▶ [Task objective] Pull every line that includes the word "many" from the data.

▶ [Data shown]
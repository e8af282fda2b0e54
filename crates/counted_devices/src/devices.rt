//! Counts the failed calls of a reader or a writer, so that a contract can say whether the device failed.

ghost use Rattle.std.specs.Prelude.{◌≡◌, ℕ, ◌+◌, ◌-◌, ◌^◌, ◌<◌, ◌≤◌, take, length, IfSome, IfNone, is_err};
ghost use Rattle.std.specs.Io.{ReadsAtMost, WritesAtMost};
ghost use Rattle.std.specs.Io.KnownBytes.{Appends, Consumes, Keeps, IsAtEnd, ReadConsumes, WriteAppends};
ghost use Rattle.counted_devices.specs.Device.{count_after, write_fails};

use std::io;
use std::io::{Read, Write};
use std::marker::Model;

/// A reader that counts its failures: `std::io`'s own calls try an interrupted read again, and
/// here each call reports what it met.
pub trait CountedRead: Read {
    // How many calls failed so far.
    ghost failed: { Self → ℕ };

    /// How many calls failed so far.
    fn failures(&self) -> u64
        ensures { result ≡ failed self.now };

    /// One read: how many bytes stand in `buf` now, 0 only at the end of the input or where `buf`
    /// is empty, or `None` where the call failed and gave nothing.
    fn read_once(&mut self, buf: &mut [u8]) -> Option<usize>
        requires room { failed self.old < 2 ^ 64 - 1 }
        ensures length { length buf.new ≡ length buf.old }
        ensures took { IfSome result (λ n. n ≤ length buf.new) }
        ensures bytes { IfSome result
            (λ n. Consumes (Self.remaining self.old) (Self.remaining self.new) (take n buf.new)) }
        ensures end { IfSome result (λ n. n ≡ 0 → 0 < length buf.new
            → IsAtEnd (Self.remaining self.new)) }
        ensures kept { IfSome result (λ _. failed self.new ≡ failed self.old) }
        ensures counted { IfNone result (failed self.new ≡ failed self.old + 1) }
        ensures nothing { IfNone result
            (Keeps (Self.remaining self.old) (Self.remaining self.new)) };
}

/// A writer that counts its failures.
pub trait CountedWrite: Write {
    // How many calls failed so far.
    ghost failed: { Self → ℕ };

    /// How many calls failed so far.
    fn failures(&self) -> u64
        ensures { result ≡ failed self.now };

    /// One write: how many bytes of the piece it took, at least one, or `None` where the call
    /// failed and took nothing.
    fn write_once(&mut self, piece: &[u8]) -> Option<usize>
        requires some { 0 < length piece.now }
        requires room { failed self.old < 2 ^ 64 - 1 }
        ensures took { IfSome result (λ n. (0 < n) × (n ≤ length piece.now)) }
        ensures bytes { IfSome result
            (λ n. Appends (Self.contents self.old) (Self.contents self.new) (take n piece.now)) }
        ensures kept { IfSome result (λ _. failed self.new ≡ failed self.old) }
        ensures counted { IfNone result (failed self.new ≡ failed self.old + 1) }
        ensures nothing { IfNone result (Keeps (Self.contents self.old) (Self.contents self.new)) };
}

/// A reader or writer with the number of its failed calls. An error is a failure, an interrupted
/// call too, and so is a write that takes no byte of a piece that has some.
#[derive(Drop)]
pub struct Counted<T> {
    inner: T,
    failures: u64,
}

impl<T> Model for Counted<T> {
    ghost use Rattle.counted_devices.specs.Device.{CountedDevice};

    ghost Value = { CountedDevice T };

    ghost view = { λ c. record { inner = c.inner; failures = c.failures } };
}

impl<T> Counted<T> {
    /// The device, none of whose calls has failed yet.
    pub fn new(inner: T) -> Counted<T>
        ensures inner { result.inner ≡ inner }
        ensures failures { result.failures ≡ 0 }
    {
        Counted { inner, failures: 0 }
    }

    /// The reader or writer that was counted.
    pub fn into_inner(self) -> T
        ensures { result ≡ self.inner }
    {
        self.inner
    }

    /// How many calls failed so far, for a device that both reads and writes too.
    pub fn failures(&self) -> u64
        ensures { result ≡ self.now.failures }
    {
        self.failures
    }

    // Stops at the largest number, since calls by `std::io`'s traits can't require room.
    fn count(&mut self, fails: bool)
        ensures inner { self.new.inner ≡ self.old.inner }
        ensures failures { self.new.failures ≡ count_after fails self.old.failures }
    {
        if fails {
            self.failures = self.failures.saturating_add(1);
        }
    }
}

impl<T: Read> Read for Counted<T> {
    ghost remaining = { λ c. T.remaining c.inner };

    fn read(&mut self, buf: &mut [u8]) -> io::Result<usize>
        ensures bound { ReadsAtMost result buf.new }
        ensures bytes { ReadConsumes
            (T.remaining self.old.inner) (T.remaining self.new.inner) result buf.new }
        ensures counted { self.new.failures ≡ count_after (is_err result) self.old.failures }
    {
        let answer = self.inner.read(buf);
        self.count(answer.is_err());
        answer
    }
}

impl<T: Write> Write for Counted<T> {
    ghost contents = { λ c. T.contents c.inner };

    fn write(&mut self, buf: &[u8]) -> io::Result<usize>
        ensures bound { WritesAtMost result buf.now }
        ensures bytes { WriteAppends
            (T.contents self.old.inner) (T.contents self.new.inner) result buf.now }
        ensures counted { self.new.failures ≡ count_after
            (write_fails result buf.now) self.old.failures }
    {
        let answer = self.inner.write(buf);
        self.count(match &answer {
            Ok(taken) => *taken == 0 && !buf.is_empty(),
            Err(_) => true,
        });
        answer
    }

    fn flush(&mut self) -> io::Result<()>
        ensures bytes { Keeps (T.contents self.old.inner) (T.contents self.new.inner) }
        ensures counted { self.new.failures ≡ count_after (is_err result) self.old.failures }
    {
        let flushed = self.inner.flush();
        self.count(flushed.is_err());
        flushed
    }
}

impl<T: Read> CountedRead for Counted<T> {
    ghost failed = { λ c. c.failures };

    fn failures(&self) -> u64 {
        Counted::failures(self)
    }

    fn read_once(&mut self, buf: &mut [u8]) -> Option<usize> {
        self.read(buf).ok()
    }
}

impl<T: Write> CountedWrite for Counted<T> {
    ghost failed = { λ c. c.failures };

    fn failures(&self) -> u64 {
        Counted::failures(self)
    }

    fn write_once(&mut self, piece: &[u8]) -> Option<usize> {
        self.write(piece).ok().filter(|taken| *taken > 0)
    }
}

▶ [Answer section]
    // How many calls failed so far.
    /// How many calls failed so far.
    /// One read: how many bytes stand in `buf` now, 0 only at the end of the input or where `buf`
    // How many calls failed so far.
    /// How many calls failed so far.
    /// One write: how many bytes of the piece it took, at least one, or `None` where the call
    /// How many calls failed so far, for a device that both reads and writes too.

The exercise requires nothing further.